Some functions, such as mean
, take one argument. Other arguments,
such as max
and min
, take multiple arguments and apply
themselves across all arguments. Be sure you know which is which.
Thinking that max behaves like pmax, or that min behaves like pmin
The max
and min
functions have multiple arguments and return one
value: the maximum or minimum of all their arguments.
The pmax
and pmin
functions have multiple arguments but return a
vector with values taken element-wise from the arguments. For more info, see Recipe 12.8,
“Finding Parwise Minimums or Maximums”.
Misusing a function that does not understand data frames
Some functions are quite clever regarding data frames. They apply
themselves to the individual columns of the data frame, computing
their result for each individual column. Sadly, not all functions are that clever.
This includes the
mean
, median
, max
, and min
functions. They will lump together every
value from every column and compute their result from the lump or possibly just return an error. Be aware of which functions are
savvy to data frames and which are not. When in doubt, read the documentation for the function you are considering.
Using single backslash (\
) in Windows Paths
If you are using R on Windows, it is common to copy and paste a filepath into your R script. Windows File Explorer will show you that your path is C:\temp\my_file.csv, but if you try to tell R to read that file, you’ll get a cryptic message:
Error: '\m' is an unrecognized escape in character string starting "'.\temp\m"

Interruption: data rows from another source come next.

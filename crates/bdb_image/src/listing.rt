ghost use Rattle.std.specs.Prelude.{◌≡◌, ◌^◌, ◌<◌, ℕ, []};
ghost use Rattle.std.specs.Iterator.{YieldsFirst, item_count};
ghost use Rattle.bdb_slots.specs.of_form.Seen.{page_seen};
ghost use Rattle.bdb_image.specs.Buckets.{IsApart};
ghost use Rattle.bdb_slots.specs.Plain.{IsPlain};
ghost use Rattle.bdb_slots.specs.Slots.{HasRoom, IsNoMetadata, names_from, placed};
ghost use Rattle.bdb_faults.specs.of_format.Terms.{BtreeFields, HashFields, Meta, first_free, targets_in, unless_zero};
ghost use Rattle.bdb_faults.specs.of_format.declared.references.Sort.TheVariants.{Free};

use crate::buckets::Buckets;
use bdb_faults::{BtreeMeta, HashMeta, Reference, Sort};
use bdb_slots::{PageView, Source};
use std::marker::Model;

/// The references that a page holds, in order.
#[derive(Drop)]
pub struct References<'a> {
    source: Source<'a>,
    slot: u32,
    place: u32,
}

impl<'a> Model for References<'a> {
    ghost use Rattle.std.specs.Prelude.{List};
    ghost use Rattle.bdb_faults.specs.of_format.declared.references.Reference.{Reference};
    ghost use Rattle.bdb_slots.specs.Slots.{HasPlace, names_from, placed};

    ghost Value = { List Reference };

    ghost view = { λ it. placed it.place (names_from it.source it.slot) };

    ghost invariant = { λ it. HasPlace it.source it.slot it.place };
}

impl<'a> References<'a> {
    /// No reference.
    #[tactic(auto, using(bdb_slots::proofs::SourceLemmas::of_nothing))]
    pub fn none() -> References<'a>
        ensures { result ≡ [] }
    {
        References::over(Source::Nothing)
    }

    /// The references of a page that isn't metadata.
    pub(crate) fn of_view(view: PageView<'a>) -> References<'a>
        requires { IsNoMetadata view }
        ensures { (p : ℕ) → result ≡ placed 0 (targets_in p (page_seen view.entry)) }
    {
        References::over(Source::of_view(view))
    }

    /// The same of a page whose items name none: they aren't gone over.
    pub(crate) fn of_plain(view: PageView<'a>) -> References<'a>
        requires other { IsNoMetadata view }
        requires plain { IsPlain (page_seen view) }
        ensures { (p : ℕ) → result ≡ placed 0 (targets_in p (page_seen view.entry)) }
    {
        References::over(Source::of_plain(view))
    }

    /// The references of btree metadata on page `p`: the first free page, which page 0 alone names, and the root.
    #[tactic(auto, using(bdb_slots::proofs::SourceLemmas::of_tree))]
    pub(crate) fn of_btree(p: u32, meta: &BtreeMeta) -> References<'a>
        ensures { result ≡ placed 0 (targets_in p (Meta (BtreeFields meta.now))) }
    {
        let free = first_free(p, meta.free);
        References::over(Source::Tree {
            free,
            root: meta.root,
        })
    }

    /// The references of hash metadata on page `p`: the first free page, which page 0 alone names, and the buckets.
    #[tactic(auto, using(bdb_slots::proofs::SourceLemmas::of_table))]
    pub(crate) fn of_hash(p: u32, meta: &HashMeta) -> References<'a>
        requires { meta.now.max_bucket < 2 ^ 31 }
        ensures { result ≡ placed 0 (targets_in p (Meta (HashFields meta.now))) }
    {
        let free = first_free(p, meta.free);
        References::over(Source::Table {
            free,
            max_bucket: meta.max_bucket,
            spares: meta.spares,
        })
    }

    /// The references one by one, but for those to the buckets of a table, which stand behind all others. They are apart
    /// only before the first one is taken.
    #[tactic(auto, using(crate::proofs::ApartLemmas::none_apart))]
    pub fn apart(self) -> (References<'a>, Option<Buckets>)
        ensures { IsApart self.entry result.0 result.1 }
    {
        match self.source {
            Source::Table {
                free,
                max_bucket,
                spares,
            } if self.slot == 0 => (
                References::over(Source::Next(Sort::Free, free)),
                Some(Buckets { max_bucket, spares }),
            ),
            _ => (self, None),
        }
    }

    // The references of all slots.
    fn over(source: Source<'a>) -> References<'a>
        requires { HasRoom source }
        ensures { result ≡ placed 0 (names_from source.entry 0) }
    {
        References {
            source,
            slot: 0,
            place: 0,
        }
    }
}

// The first free page of the file, which page 0 alone names.
fn first_free(p: u32, free: u32) -> u32
    ensures { unless_zero Free result ≡ first_free p free }
{
    if p == 0 { free } else { 0 }
}

impl<'a> Iterator for References<'a> {
    type Item = Reference;

    ghost next_gives = { YieldsFirst (λ left. left) };

    ghost remaining = { item_count (λ left. left) };

    fn next(&mut self) -> Option<Reference> {
        let ((sort, target), after) = self.source.first_from(self.slot)?;
        let place = self.place;
        self.slot = after;
        self.place = place + 1;
        Some(Reference {
            place,
            sort,
            target,
        })
    }
}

This is because R sees backslashes as special characters. You can get around this by using either forward slashes (/
) or double backslashes (\\
).
This is only an issue on Windows because both Mac and Linux use forward slashes as path separators.
Posting a question to Stack Overflow or the mailing list before searching for the answer
Don’t waste your time. Don’t waste other people’s time. Before you post a question to a mailing list or to Stack Overflow, do your homework and search the archives. Odds are, someone has already answered your question. If so, you’ll see the answer in the discussion thread for the question. See Recipe 1.13, “Searching the Mailing Lists”.
See Also
See Recipes 1.13, “Searching the Mailing Lists”, 2.9, “Selecting Vector Elements”, 5.3, “Understanding the Recycling Rule”, and 5.7, “Selecting List Elements by Position”.